### Activity
Transcribe, word for word and without additions, each line below from the one containing "filename crates/link_fifo/src/kept.rt" through the one containing "pub fn whole(item: Bytes) -> Kept", both ends included.

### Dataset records
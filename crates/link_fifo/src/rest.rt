// The items that are left between two ends.
ghost use Rattle.std.specs.Prelude.{◌≡◌, ◌++◌, IfOk, OnOk};
ghost use Rattle.wire_frame.specs.Stream.{items_of};
ghost use Rattle.link_fifo.specs.Cuts.{IsWhole};
ghost use Rattle.link_fifo.specs.Kept.{left_of, bytes_kept};
ghost use Rattle.link_fifo.specs.Ends.{items_sent, items_received, OneStream};

use crate::bytes_at::piece_at;
use crate::kept::Kept;
use crate::piece::MAX_PIECE_LEN;
use crate::{PieceIn, PieceOut};
use std::alloc::Global;
use svc_value::{Bytes, ListOf, OutOfMemory};
use wire_frame::{CutError, Cutter};

/// A list of items that were sent and not received, oldest first.
pub type Rest = ListOf<Bytes>;

/// Feeds what is kept of an item.
fn feed_kept(cutter: &mut Cutter, kept: &Kept) -> Result<(), OutOfMemory>
    ensures { OnOk result (cutter.new.held ≡ cutter.old.held ++ left_of kept.now) }
{
    let item = kept.item.as_slice();
    let len = item.len() + 2;
    let mut at = kept.at;
    while at < len {
        cutter.reserve(MAX_PIECE_LEN)?;
        let piece = piece_at(item, at);
        cutter.feed(piece.as_slice());
        at += MAX_PIECE_LEN;
    }
    Ok(())
}

/// Feeds what is kept.
fn feed_rest(cutter: &mut Cutter, kept: &Option<Kept>) -> Result<(), OutOfMemory>
    ensures { OnOk result (cutter.new.held ≡ cutter.old.held ++ bytes_kept kept.now) }
{
    match kept {
        Some(kept) => feed_kept(cutter, kept),
        None => Ok(()),
    }
}

/// All items of whole ones.
fn drain(alloc: Global, cutter: Cutter) -> Result<Rest, OutOfMemory>
    requires { IsWhole cutter.held }
    ensures { IfOk result (λ rest. rest ≡ items_of cutter.held) }
{
    let mut cutter = cutter;
    let mut items = Rest::new(alloc);
    loop {
        match cutter.next() {
            Ok(Some(item)) => items.push(item)?,
            Ok(None) => return Ok(items),
            Err(CutError::Length { at: _ }) => unreachable!(),
            Err(CutError::OutOfMemory) => return Err(OutOfMemory),
        }
    }
}

/// Brings the ends together again. The items received followed by the rest are the items sent.
pub fn rejoin_pieces(alloc: Global, out: PieceOut, into: PieceIn) -> Result<Rest, OutOfMemory>
    requires { OneStream out into }
    ensures { IfOk result (λ rest. items_received into ++ rest ≡ items_sent out) }
{
    let PieceOut { out, kept } = out;
    let PieceIn { into, mut cutter } = into;
    out.pour_into(into, &mut cutter)?;
    feed_rest(&mut cutter, &kept)?;
    drain(alloc, cutter)
}
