//! Links between services: lists in memory, and rings between two threads that carry items in pieces.
//! What is pushed at one end comes out at the other, once, in order.
#![tactic(auto)]

mod bytes_at;
mod errors;
mod kept;
mod link;
mod memory_link;
mod piece;
mod piece_in;
mod piece_out;
mod push_from;
mod rest;
mod ring;
#[cfg(test)]
mod tests;
#[cfg(test)]
mod threads;
mod zeros;

pub use errors::ItemError;
pub use link::{LinkIn, LinkOut};
pub use memory_link::MemoryLink;
pub use piece::{MAX_PIECE_LEN, Piece};
pub use piece_in::PieceIn;
pub use piece_out::PieceOut;
pub use rest::{Rest, rejoin_pieces};
pub use ring::{RING_PIECES, RingIn, RingLink, RingOut};
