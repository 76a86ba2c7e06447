ghost use Rattle.std.specs.Prelude.{◌≤◌, length, IfOk};

use crate::{
    ItemError, LinkIn, LinkOut, MemoryLink, Piece, PieceIn, PieceOut, RingLink, rejoin_pieces,
};
use std::alloc::Global;
use std::test::Fail;
use svc_value::Bytes;

// Items through both piece ends of one ring. Both may move to a thread of their own.
fn ends(alloc: Global) -> Result<(PieceOut, PieceIn), Fail> {
    let (out, into) = RingLink::new(alloc)?.split();
    Ok((sent(PieceOut::new(out)), sent(PieceIn::new(alloc, into))))
}

fn sent<T: Send>(end: T) -> T {
    end
}

// An item of `len` bytes, at most 585.
fn item(alloc: Global, byte: u8, len: usize) -> Result<Bytes, Fail>
    ensures { IfOk result (λ item. length item ≤ 585) }
{
    let bytes = [byte; 585];
    Ok(Bytes::from_slice(alloc, &bytes[..len.min(585)])?)
}

#[test]
fn a_memory_link_is_a_list(rt: HostRuntime) -> Result<(), Fail> {
    let alloc = rt.alloc();
    let mut link = MemoryLink::new(alloc);
    assert!(rt; link.front().is_none());
    link.reserve(2)?;
    assert!(rt; link.push(item(alloc, 1, 3)?).is_ok());
    assert!(rt; link.push(item(alloc, 2, 1)?).is_ok());
    assert_eq!(rt; link.front().ok_or("none")?, [1u8, 1, 1].as_slice());
    assert_eq!(rt;
        link.pop().ok_or("none")?.as_slice(),
        [1u8, 1, 1].as_slice()
    );
    assert_eq!(rt; link.pop().ok_or("none")?.as_slice(), [2u8].as_slice());
    assert!(rt; link.pop().is_none());
    Ok(())
}

#[test]
fn pieces_go_through_a_ring(rt: HostRuntime) -> Result<(), Fail> {
    let (mut out, mut into) = RingLink::new(rt.alloc())?.split();
    for byte in [7u8, 8, 9] {
        assert!(rt; out.push(Piece::cut(&[byte])).is_ok());
    }
    for byte in [7u8, 8, 9] {
        assert_eq!(rt; into.pop().ok_or("none")?.as_slice(), [byte].as_slice());
    }
    assert!(rt; into.pop().is_none());
    for _ in 0..32 {
        assert!(rt; out.push(Piece::cut(&[1])).is_ok());
    }
    assert_eq!(rt;
        out.push(Piece::cut(&[2])).err().ok_or("taken")?.as_slice(),
        [2u8].as_slice()
    );
    Ok(())
}

// Pushes items of this length until one comes back, and takes as many; the answer is how many went through.
fn pushed_until_full(alloc: Global, len: usize) -> Result<usize, Fail> {
    let (mut out, mut into) = ends(alloc)?;
    let mut pushed = 0;
    for _ in 0..40 {
        if out.push(item(alloc, 9, len)?).is_err() {
            break;
        }
        pushed = usize::saturating_add(pushed, 1);
    }
    let mut taken = 0;
    for _ in 0..40 {
        let Some(found) = into.pop_item()? else {
            out.flush();
            continue;
        };
        if found.as_slice() == item(alloc, 9, len)?.as_slice() {
            taken = usize::saturating_add(taken, 1);
        }
    }
    if taken != pushed {
        return Err("items were lost".into());
    }
    Ok(pushed)
}

#[test]
fn items_of_every_length_go_through(rt: HostRuntime) -> Result<(), Fail> {
    let alloc = rt.alloc();
    // An item of n bytes makes a piece for each 64 of its n + 2; one item more is taken, whose rest is kept.
    for (len, pushed) in [
        (0, 33),
        (1, 33),
        (62, 33),
        (63, 17),
        (64, 17),
        (65, 17),
        (521, 4),
        (585, 4),
    ] {
        assert_eq!(rt; pushed_until_full(alloc, len)?, pushed);
    }
    Ok(())
}

#[test]
fn ends_come_together(rt: HostRuntime) -> Result<(), Fail> {
    let alloc = rt.alloc();
    let (out, into) = RingLink::new(alloc)?.split();
    let mut out = PieceOut::new(out);
    let mut into = PieceIn::new(alloc, into);
    assert!(rt; out.push(item(alloc, 9, 585)?).is_ok());
    assert!(rt; out.push(item(alloc, 5, 1)?).is_ok());
    assert!(rt; out.push(item(alloc, 9, 585)?).is_ok());
    assert!(rt; out.push(item(alloc, 9, 585)?).is_ok());
    // One piece of this one fits.
    assert!(rt; out.push(item(alloc, 8, 585)?).is_ok());
    assert_eq!(rt; into.pop_item()?.ok_or("none")?.len(), 585);
    let rest = rejoin_pieces(alloc, out, into)?.into_vec();
    assert_eq!(rt; rest.len(), 4);
    assert_eq!(rt; rest[0].as_slice(), [5u8].as_slice());
    assert_eq!(rt; rest[3].as_slice(), item(alloc, 8, 585)?.as_slice());
    Ok(())
}

#[test]
fn a_length_that_no_item_has_is_refused(rt: HostRuntime) -> Result<(), Fail> {
    let alloc = rt.alloc();
    let (mut out, into) = RingLink::new(alloc)?.split();
    let mut into = PieceIn::new(alloc, into);
    // An item of one byte, and then a length of 586.
    assert!(rt; out.push(Piece::cut(&[0, 1, 7])).is_ok());
    assert!(rt; out.push(Piece::cut(&[2, 74])).is_ok());
    assert_eq!(rt;
        into.pop_item()?.ok_or("none")?.as_slice(),
        [7u8].as_slice()
    );
    assert!(rt; matches!(into.pop_item(), Err(ItemError::Length { at: 3 })));
    assert!(rt; matches!(into.pop_item(), Err(ItemError::Length { at: 3 })));
    Ok(())
}
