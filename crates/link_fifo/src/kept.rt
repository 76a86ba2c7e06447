// An item of which a part was pushed.
ghost use Rattle.svc_value.specs.declared.limits.TheConstants.{MAX_FRAME_LEN};
ghost use Rattle.std.specs.Prelude.{◌≤◌, length};

use crate::RingOut;
use crate::push_from::push_from;
use svc_value::Bytes;
use svc_value::limits::MAX_FRAME_LEN;

/// An item, and where the next piece begins in it behind its length.
#[derive(Drop)]
pub struct Kept {
    pub item: Bytes,
    pub at: usize,
    ghost fits: { length item ≤ MAX_FRAME_LEN },
}

impl Kept {
    ghost use Rattle.std.specs.Prelude.{◌≡◌, ◌≤◌, ◌++◌, [], ◌<◌, IsTrue, IsFalse, length};
    ghost use Rattle.wire_frame.specs.Stream.{framed_item};
    ghost use Rattle.link_fifo.specs.Ring.{ring_sent, ring_room, SameOut};
    ghost use Rattle.link_fifo.specs.Cuts.{cuts_of, Grows};
    ghost use Rattle.link_fifo.specs.Kept.{left_of};

    /// All of an item.
    pub fn whole(item: Bytes) -> Kept
        requires { length item ≤ MAX_FRAME_LEN }
        ensures left { left_of result ≡ framed_item item }
        ensures item { result.item ≡ item }
    {
        Kept { item, at: 0 }
    }

    /// Pushes the pieces that fit. True where nothing is left.
    pub fn push_into(&mut self, out: &mut RingOut) -> bool
        ensures sent { ring_sent out.new ++ cuts_of (left_of self.new) ≡ ring_sent out.old ++ cuts_of (left_of self.old) }
        ensures done { IsTrue result → left_of self.new ≡ [] }
        ensures left { IsFalse result → 0 < length (left_of self.new) }
        ensures full { IsFalse result → ring_room out.new ≡ 0 }
        ensures grown { Grows (ring_sent out.old) (ring_sent out.new) }
        ensures ring { SameOut out.old out.new }
        ensures item { self.new.item ≡ self.old.item }
    {
        self.at = push_from(self.item.as_slice(), self.at, out);
        self.at >= self.item.len() + 2
    }
}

### Solution to the exercise
filename crates/link_fifo/src/kept.rt
repository 76a86ba2c7e06447
// An item of which a part was pushed.
ghost use Rattle.svc_value.specs.declared.limits.TheConstants.{MAX_FRAME_LEN};
ghost use Rattle.std.specs.Prelude.{◌≤◌, length};

use crate::RingOut;
use crate::push_from::push_from;
use svc_value::Bytes;
use svc_value::limits::MAX_FRAME_LEN;

/// An item, and where the next piece begins in it behind its length.
#[derive(Drop)]
pub struct Kept {
    pub item: Bytes,
    pub at: usize,
    ghost fits: { length item ≤ MAX_FRAME_LEN },
}

impl Kept {
    ghost use Rattle.std.specs.Prelude.{◌≡◌, ◌≤◌, ◌++◌, [], ◌<◌, IsTrue, IsFalse, length};
    ghost use Rattle.wire_frame.specs.Stream.{framed_item};
    ghost use Rattle.link_fifo.specs.Ring.{ring_sent, ring_room, SameOut};
    ghost use Rattle.link_fifo.specs.Cuts.{cuts_of, Grows};
    ghost use Rattle.link_fifo.specs.Kept.{left_of};

    /// All of an item.
    pub fn whole(item: Bytes) -> Kept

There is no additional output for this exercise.